We are lucky if in the course of our everyday lives we come across images as inspiring as those of the work of Nelisiwe Xaba. While looking for journals about nomads in the periodicals room of the reference library, I came across Art South Africa magazine, which featured an article about Xaba, a dancer and performance artist in Soweto. I recently traveled to South Africa for the first time. Never in my life have I been more aware of my race than while walking the streets of Johannesburg, even more so than when, in Taiwan, I was the only white person in sight. (The most unnerving thing about Taiwan, and the rest of Asia, is not being able to read the signs.) South Africa is unique. It may surprise you to learn that it’s the most racially diverse nation on earth, with thriving Indian and Malay populations mixed among native Africans and whites. In that way it is not unlike Brazil. Yet while vacationing in Rio de Janeiro, Brazil in 2002, I was the least aware of my race as I’ve ever been, so profoundly comfortable did everyone seem together on the beach. (My Brazilian friend Flavia, who was also my guide, told me that in other parts of the city, however, it’s not the same.) In such moments—on the beach in Brail, on the street in Johannesburg or even Cape Town—the unspoken rules governing space and the separation between groups within one’s own culture (for me, the United States) are revealed for the obtuse, falsely constructed monsters that they are. I came home from South Africa sad at our lack of progress regarding integration and equality since Reconstruction. South Africa, of course, is on a whole other level. Xaba has something to say about it.

Q: You are very interested in the politics of the body.

XABA: Yes, of the female black body. The Black Consciousness movement existed because there was racism. So if I didn’t perform a lot in Europe, and only in Soweto, it wouldn’t be a question… If your work mainly gets seen in Europe it is important to acknowledge that consciously. Who is consuming what you are doing?

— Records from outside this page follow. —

impl Tables {
    /// The tables of the rules, or `Memory`. They take some 1.3 MB for a spot of each side, kind, mode and square of
    /// the largest board, and for each line of a slider or hopper from such a square, as for each jump of a lame
    /// leaper, 32 bytes more: a queen takes some 120 KB, 24 queens some 3 MB.
    pub fn new(alloc: Global, rules: &Rules) -> Result<Tables, Memory>
        requires { IsFit rules.now }
        ensures { IfOk result (λ t. t ≡ rules.now) }
    {
        let moves = MoveTables::new(alloc, rules)?;
        let masks = masks(alloc, &moves)?;
        let kind_masks = kind_masks(alloc, &moves, &masks)?;
        let sights = sights(alloc)?;
        let alike = alike_kinds(alloc, rules)?;
        let white_pawns = pawn_masks(rules, Side::White);
        let black_pawns = pawn_masks(rules, Side::Black);
        let flag_regions = RegionSets::new(&rules.flag_region);
        let drop_regions = RegionSets::new(&rules.drop_region);
        let castling = castling_on(rules);
        Ok(Tables {
            moves,
            masks,
            kind_masks,
            sights,
            alike,
            white_pawns,
            black_pawns,
            flag_regions,
            drop_regions,
            castling,
        })
    }

    /// The rules of which the tables were made.
    pub fn rules(&self) -> &Rules
        ensures is { result.now ≡ self.now }
        ensures fit { IsFit self.now }
    {
        self.moves.rules()
    }

    /// Whether the variant has castling.
    pub fn castling_on(&self) -> bool
        ensures { result ≡ Castling.castling_on self.now }
    {
        self.castling
    }

    /// What the kind of the side reaches from the square in the mode, on each board.
    pub fn spot(&self, by: Side, kind: Kind, from: Square, mode: Mode) -> &Spot
        requires kind { kind.0 < 26 }
        requires from { from.0 < 120 }
        ensures { Spots.IsOfKind self.now by kind from mode result.now }
    {
        self.moves.spot(by, kind, from, mode)
    }

    /// The squares with a piece. No memory is taken.
    pub fn occupied(&self, p: &Position) -> Set
        ensures { IsOccupied result p.now.cells }
    {
        occupied(&p.cells)
    }

    /// The squares that a piece of the kind and the side reaches from the square by its terms of the mode, on a board
    /// whose occupied squares are those of the set: rule Reach, and the pawn's two diagonals to take. A soldier below
    /// its rank goes along its file alone, and no piece leaves its mobility region. No memory is taken.
    pub fn reach_set(&self, by: Side, kind: Kind, from: Square, mode: Mode, occupied: Set) -> Set
        requires kind { kind.0 < 26 }
        requires from { from.0 < 120 }
        ensures { Reached.AreReached self.now by kind from mode occupied result }
    {
        self.moves.reach_set(by, kind, from, mode, occupied)
    }

    /// Whether it is known that a piece of the kind reaches the same squares quietly and to take.
    fn is_alike(&self, kind: Kind) -> bool
        requires { kind.0 < 26 }
        ensures { OnTrue result (Goals.IsAlike self.now kind) }
    {
        self.alike[kind.0 as usize]
    }

    /// The squares that are reached quietly, where these are the ones that are reached to take.
    fn quiet_set(&self, by: Side, kind: Kind, from: Square, occupied: Set, takes: Set) -> Set
        requires kind { kind.0 < 26 }
        requires from { from.0 < 120 }
        requires takes { Reached.AreReached self.now by kind from Take occupied takes }
        ensures { Reached.AreReached self.now by kind from Quiet occupied result }
    {
        if self.is_alike(kind) {
            takes
        } else {
            self.reach_set(by, kind, from, Mode::Quiet, occupied)
        }
    }

    /// The squares to which a piece of the kind and the side goes from the square, on a board whose occupied squares
    /// are those of the set: those that are not occupied and that it reaches quietly, and those of the enemies' that
    /// it reaches to take. Of a pawn they are the enemies' squares on its two diagonals alone. No memory is taken.
    pub fn goals(&self, by: Side, kind: Kind, from: Square, occupied: Set, enemies: Set) -> Set
        requires kind { kind.0 < 26 }
        requires from { from.0 < 120 }
        ensures { Goals.AreGoals self.now by kind from occupied enemies result }
    {
        let takes = self.reach_set(by, kind, from, Mode::Take, occupied);
        let quiet = self.quiet_set(by, kind, from, occupied, takes);
        quiet.minus(occupied).or(takes.and(enemies))
    }

    /// The squares that the piece reaches from the square in the mode, on a board whose occupied squares are those of
    /// the set. A piece of a kind that no variant has reaches none.
    pub fn reach_of(&self, piece: Cell, from: Square, mode: Mode, occupied: Set) -> Set
        requires { from.0 < 120 }
        ensures { Reached.AreReached self.now piece.side piece.kind from mode occupied result }
    {
        let moves = &self.moves;
        if piece.kind.0 < 26 {
            moves.reach_set(piece.side, piece.kind, from, mode, occupied)
        } else {
            EMPTY
        }
    }

    /// The same as `reaches`, by the occupied squares.
    #[tactic(auto, unfolding(move_tables::specs::Reached::reaches_in))]
    fn reached(&self, p: &Position, occupied: Set, from: Square, mode: Mode) -> Set
        requires { IsOccupied occupied p.now.cells }
        ensures { (s : ℕ) → has result s ≡ Reached.reaches_in self.now p.now.cells from mode s }
    {
        match p.cells.get(from.0 as usize) {
            Some(Some(piece)) => self.reach_of(*piece, from, mode, occupied),
            Some(None) => EMPTY,
            None => EMPTY,
        }
    }

    /// The squares that the piece on `from` reaches. In `Mode::Quiet` they are those of its quiet terms, in
    /// `Mode::Take` those of its terms that take; a pawn reaches its two diagonals to take. It does not matter what
    /// stands on them. Where nothing stands on `from` there are none. No memory is taken.
    pub fn reaches(&self, p: &Position, from: Square, mode: Mode) -> Set
        ensures { (s : ℕ) → has result s ≡ Reached.reaches_in self.now p.now.cells from mode s }
    {
        self.reached(p, occupied(&p.cells), from, mode)
    }

    /// Whether the square is one of those that `reaches` answers, by the occupied squares, which the caller has. No
    /// memory is taken.
    pub fn reaches_square(
        &self,
        p: &Position,
        occupied: Set,
        from: Square,
        mode: Mode,
        to: Square,
    ) -> bool
        requires { IsOccupied occupied p.now.cells }
        ensures { result ≡ Reached.reaches_in self.now p.now.cells from mode to.0 }
    {
        let reached = self.reached(p, occupied, from, mode);
        to.0 < 128 && reached.has(to.0)
    }

    /// Squares outside of which no piece of the side takes on the square on any board; there may be more of them than
    /// needed.
    pub fn takers(&self, by: Side, at: Square) -> Set
        requires { at.0 < 120 }
        ensures { IsMask self.now by at.0 result }
    {
        self.masks[place_of(by, at.0)]
    }

    /// Squares outside of which no piece of the side and the kind takes on the square on any board.
    pub fn takers_of(&self, by: Side, kind: Kind, at: Square) -> Set
        requires kind { kind.0 < 26 }
        requires at { at.0 < 120 }
        ensures { IsKindMask self.now by kind.0 at.0 result }
    {
        self.kind_masks[kind_place_of(by, at.0, kind.0)]
    }

    /// The other squares of the square's file, above it and below.
    pub fn sight(&self, at: Square) -> Sight
        requires { at.0 < 120 }
        ensures { IsSightOf at.0 result }
    {
        self.sights[at.0 as usize]
    }

    /// Where the pawns of the side go from many squares at once: from the plain ones, of which no clause says how many
    /// there are.
    pub fn pawn_masks(&self, side: Side) -> &PawnMasks
        ensures { ArePawnMasks self.now side result.now }
    {
        match side {
            Side::White => &self.white_pawns,
            Side::Black => &self.black_pawns,
        }
    }

    /// Where the side's flag piece wins.
    pub fn flag_region(&self, side: Side) -> Set
        ensures { IsSideRegion self.now.flag_region side result }
    {
        self.flag_regions.of(side)
    }

    /// Where the side's hand pieces may be put.
    pub fn drop_region(&self, side: Side) -> Set
        ensures { IsSideRegion self.now.drop_region side result }
    {
        self.drop_regions.of(side)
    }

    /// Whether the kind takes on the square.
    fn takes(&self, by: Side, kind: Kind, from: u8, at: Square, occupied: Set) -> bool
        requires at { at.0 < 120 }
        requires from { from < 120 }
        ensures { (cells : List (Option Cell)) → IsOccupied occupied cells
            → result ≡ Reached.reaches_as self.now cells by kind (record { 0 = from }) Take at.0 }
    {
        let moves = &self.moves;
        if kind.0 >= 26 {
            return false;
        }
        let spot = moves.spot(by, kind, Square(from), Mode::Take);
        if !spot.within.has(at.0) {
            return false;
        }
        spot.reach(occupied).has(at.0)
    }

    /// Whether the side's piece on the square attacks the other.
    fn attacks_from(
        &self,
        cells: &[Option<Cell>; 120],
        occupied: Set,
        at: Square,
        by: Side,
        from: u8,
    ) -> bool
        requires at { at.0 < 120 }
        requires from { from < 120 }
        ensures { (board : List (Option Cell)) → IsOccupied occupied board → cell_at board from ≡ cell_at cells.now from
            → result ≡ Rule.attacks_from self.now board by at.0 from }
    {
        match cell_on(cells, from) {
            None => false,
            Some(cell) => cell.side.is(by) && self.takes(by, cell.kind, from, at, occupied),
        }
    }

    /// Whether a piece of the side attacks the square, on each board that has its pieces on the squares `occupied` and
    /// those of the side on the squares `men`, where the cells hold them. What else the cells hold does not matter:
    /// after an ordinary move these are still the cells before it. The king that flies is not asked.
    pub fn piece_attacks(
        &self,
        cells: &[Option<Cell>; 120],
        men: Set,
        occupied: Set,
        at: Square,
        by: Side,
    ) -> bool
        requires at { at.0 < 120 }
        requires men { HoldsMen by cells.now men }
        ensures { OnEachBoard by cells.now men occupied
            (λ board. result ≡ any_below (Rule.attacks_from self.now board by at.0) 120) }
    {
        prove_board_size(cells);
        let _rules = self.rules();
        let mut near = self.takers(by, at).and(men);
        while let Some(from) = near.take_first() {
            if self.attacks_from(cells, occupied, at, by, from) {
                return true;
            }
        }
        false
    }

    /// Whether a king of the side sees the square along its file, all squares between the two being empty.
    fn king_sees(
        &self,
        cells: &[Option<Cell>; 120],
        men: Set,
        occupied: Set,
        at: Square,
        by: Side,
    ) -> bool
        requires at { at.0 < 120 }
        requires men { HoldsMen by cells.now men }
        ensures { OnEachWithKing self.now by cells.now men occupied at.0
            (λ board. result ≡ any_below (Rule.king_faces self.now board by at.0) 120) }
    {
        prove_board_size(cells);
        let rules = self.rules();
        let mut seen = self.sight(at).reach(occupied).and(men);
        while let Some(from) = seen.take_first() {
            if is_own_king(rules, by, cell_on(cells, from)) {
                return true;
            }
        }
        false
    }

    /// Whether the side attacks the square of the other side's king, by a piece or by its own king where kings fly, on
    /// each board of these sets as in `piece_attacks` on which that king stands there.
    pub fn attacks_king(
        &self,
        cells: &[Option<Cell>; 120],
        men: Set,
        occupied: Set,
        at: Square,
        by: Side,
    ) -> bool
        requires at { at.0 < 120 }
        requires men { HoldsMen by cells.now men }
        ensures { OnEachWithKing self.now by cells.now men occupied at.0
            (λ board. result ≡ Rule.attacks self.now board by at.0) }
    {
        let rules = self.rules();
        if self.piece_attacks(cells, men, occupied, at, by) {
            return true;
        }
        if !rules.flying {
            return false;
        }
        self.king_sees(cells, men, occupied, at, by)
    }

    /// Whether the side attacks the square: a piece of it reaches the square by a term that takes, or a pawn of it has
    /// the square diagonally one step forward, or kings fly and its king faces the other side's king on the square
    /// along an open file. Otherwise it does not matter what stands on the square. No memory is taken.
    pub fn attacked(&self, p: &Position, at: Square, by: Side) -> bool
        ensures { result ≡ Rule.attacks self.now p.now.cells by at.0 }
    {
        prove_board_size(&p.cells);
        let rules = self.rules();
        if at.0 >= 120 {
            return false;
        }
        let men = men(&p.cells, by);
        let occupied = occupied(&p.cells);
        if is_own_king(rules, by.other(), cell_on(&p.cells, at.0)) {
            self.attacks_king(&p.cells, men, occupied, at, by)
        } else {
            self.piece_attacks(&p.cells, men, occupied, at, by)
        }
    }

    /// Whether the side's king stands attacked, on each board of these sets as in `piece_attacks`, `men` being those of
    /// the other side, on which its kings are on these squares.
    pub fn king_attacked_by(
        &self,
        cells: &[Option<Cell>; 120],
        kings: Set,
        men: Set,
        occupied: Set,
        side: Side,
    ) -> bool
        requires kings { OnSquares kings }
        requires men { HoldsMen (other side) cells.now men }
        ensures { OnEachBoard (other side) cells.now men occupied
            (λ board. AreKings self.now side board kings → result ≡ Rule.king_attacked self.now board side) }
    {
        let by = side.other();
        let mut rest = kings;
        while let Some(at) = rest.take_first() {
            if self.attacks_king(cells, men, occupied, Square(at), by) {
                return true;
            }
        }
        false
    }
}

Art South Africa, December 2009, v8.2

The Black Consciousness movement began in the 1970’s, based on the writings of Steve Biko. (Denzel Washington played Biko in the movie Cry Freedom.) I bought a small compilation of Biko’s essays in Cape Town called, No Fear Expressed. (ISBN No: 0-9802591-2-6) The title is a phrase he used in an interview which encapsulates much of his message. The complete sentence is, “To understand me correctly you have to say that there were no fears expressed.” As someone for whom fear has often been an obstacle, Biko’s words spoke to me: “We must remove from our vocabulary completely the concept of fear.”[1] “Is it this fear that erodes the soul of black people in South Africa…How can people be prepared to put up a resistance against their overall oppression if in their individual situations, they cannot insist on the observance of their manhood?”[2] Biko was tortured and killed by the government for violating his house arrest. I have since thought of this great intellectual as one of my personal heros.

Biko and Xaba both politicize the body as a landscape of struggle. They remind us that it is important always to be aware of the nature of one’s own identity as consumed by others. The final image in the triptych above is a photograph taken in Regina Mundi church in Soweto. In the summer of 1976, police fired on unarmed, retreating students during protests in the townships. The bullet holes in the church’s ceiling remain as irrefutable evidence that the bullets themselves were not made of rubber, as the police later testified, but were decidedly lethal. The church balcony now displays a collection of photographs marking the events of that summer. You can see my reflection in the glass of this particular photo depicting one of the many horrors which occurred as the apartheid system fell apart. We cannot escape ourselves, and so must instead recognize our own identity as perceived by others. Xaba’s work reminds us to consider this key part of the creative process.

[1] Black Consciousness and the Quest for a True Humanity,” 1973.
[2] I Write What I Like, Frank Talk. “Fear — An Important Determinant in South African Politics.” 1971.